- [TASK BRIEF]: Range to reproduce from the entries below: the line with "(n ≤ longest)", the line with "last: taken +", and every line in between. Give them exactly and give nothing else.

- [SUPPLIED INFORMATION]:
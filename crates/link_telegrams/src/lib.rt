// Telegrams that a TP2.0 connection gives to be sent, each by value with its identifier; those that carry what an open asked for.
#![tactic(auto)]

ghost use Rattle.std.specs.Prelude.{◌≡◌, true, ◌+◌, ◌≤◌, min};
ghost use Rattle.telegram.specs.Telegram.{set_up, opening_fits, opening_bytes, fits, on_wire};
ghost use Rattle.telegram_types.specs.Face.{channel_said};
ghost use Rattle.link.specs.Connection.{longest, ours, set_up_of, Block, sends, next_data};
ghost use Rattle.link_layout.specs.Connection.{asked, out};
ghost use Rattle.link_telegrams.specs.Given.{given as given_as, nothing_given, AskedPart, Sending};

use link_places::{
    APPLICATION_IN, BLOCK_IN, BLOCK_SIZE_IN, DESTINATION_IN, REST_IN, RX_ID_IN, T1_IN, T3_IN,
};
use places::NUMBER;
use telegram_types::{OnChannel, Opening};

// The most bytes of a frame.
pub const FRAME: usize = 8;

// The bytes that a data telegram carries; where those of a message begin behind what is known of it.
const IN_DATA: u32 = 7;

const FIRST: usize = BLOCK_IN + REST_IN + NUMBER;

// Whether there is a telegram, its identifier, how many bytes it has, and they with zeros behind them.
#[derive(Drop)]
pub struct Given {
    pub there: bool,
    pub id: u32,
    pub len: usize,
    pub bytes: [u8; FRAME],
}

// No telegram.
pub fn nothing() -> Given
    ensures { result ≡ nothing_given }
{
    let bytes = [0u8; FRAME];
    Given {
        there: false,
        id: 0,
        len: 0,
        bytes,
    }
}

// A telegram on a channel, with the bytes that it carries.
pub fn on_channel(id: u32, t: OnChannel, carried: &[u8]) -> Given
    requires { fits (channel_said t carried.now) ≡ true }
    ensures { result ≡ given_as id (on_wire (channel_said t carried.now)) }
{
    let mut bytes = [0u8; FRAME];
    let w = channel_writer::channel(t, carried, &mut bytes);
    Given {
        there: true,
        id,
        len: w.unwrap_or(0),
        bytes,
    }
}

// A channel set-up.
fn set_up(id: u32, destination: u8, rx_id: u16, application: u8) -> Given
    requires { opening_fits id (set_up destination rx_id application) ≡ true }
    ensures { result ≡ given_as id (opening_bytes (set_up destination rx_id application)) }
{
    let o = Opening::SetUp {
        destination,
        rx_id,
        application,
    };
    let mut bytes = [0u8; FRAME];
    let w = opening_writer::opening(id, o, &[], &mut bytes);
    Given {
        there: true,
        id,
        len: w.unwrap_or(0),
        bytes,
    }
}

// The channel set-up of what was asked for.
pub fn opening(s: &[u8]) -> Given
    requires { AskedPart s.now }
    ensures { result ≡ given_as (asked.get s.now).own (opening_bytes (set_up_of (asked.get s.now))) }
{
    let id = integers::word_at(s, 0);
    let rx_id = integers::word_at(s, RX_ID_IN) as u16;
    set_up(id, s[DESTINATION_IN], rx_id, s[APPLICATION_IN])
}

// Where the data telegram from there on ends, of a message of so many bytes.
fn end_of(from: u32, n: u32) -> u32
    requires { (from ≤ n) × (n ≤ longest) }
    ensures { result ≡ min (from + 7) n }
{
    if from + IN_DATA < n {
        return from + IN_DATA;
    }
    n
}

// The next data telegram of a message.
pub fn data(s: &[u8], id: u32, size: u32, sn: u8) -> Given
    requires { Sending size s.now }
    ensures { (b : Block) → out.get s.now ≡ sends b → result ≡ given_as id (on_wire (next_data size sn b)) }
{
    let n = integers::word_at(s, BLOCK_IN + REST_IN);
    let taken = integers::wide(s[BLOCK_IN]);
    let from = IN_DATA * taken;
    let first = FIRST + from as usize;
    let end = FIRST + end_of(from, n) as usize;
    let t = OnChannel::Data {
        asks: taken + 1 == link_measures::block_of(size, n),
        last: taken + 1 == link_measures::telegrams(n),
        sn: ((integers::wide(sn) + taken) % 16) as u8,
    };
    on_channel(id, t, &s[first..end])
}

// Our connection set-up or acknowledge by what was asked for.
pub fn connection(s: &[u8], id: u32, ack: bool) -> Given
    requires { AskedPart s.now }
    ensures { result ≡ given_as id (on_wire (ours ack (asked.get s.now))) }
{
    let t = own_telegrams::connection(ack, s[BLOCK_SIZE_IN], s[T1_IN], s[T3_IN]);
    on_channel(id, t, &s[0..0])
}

- [RESULT OF THIS TASK]:
    requires { (from ≤ n) × (n ≤ longest) }
    ensures { result ≡ min (from + 7) n }
{
    if from + IN_DATA < n {
        return from + IN_DATA;
    }
    n
}

// The next data telegram of a message.
pub fn data(s: &[u8], id: u32, size: u32, sn: u8) -> Given
    requires { Sending size s.now }
    ensures { (b : Block) → out.get s.now ≡ sends b → result ≡ given_as id (on_wire (next_data size sn b)) }
{
    let n = integers::word_at(s, BLOCK_IN + REST_IN);
    let taken = integers::wide(s[BLOCK_IN]);
    let from = IN_DATA * taken;
    let first = FIRST + from as usize;
    let end = FIRST + end_of(from, n) as usize;
    let t = OnChannel::Data {
        asks: taken + 1 == link_measures::block_of(size, n),
        last: taken + 1 == link_measures::telegrams(n),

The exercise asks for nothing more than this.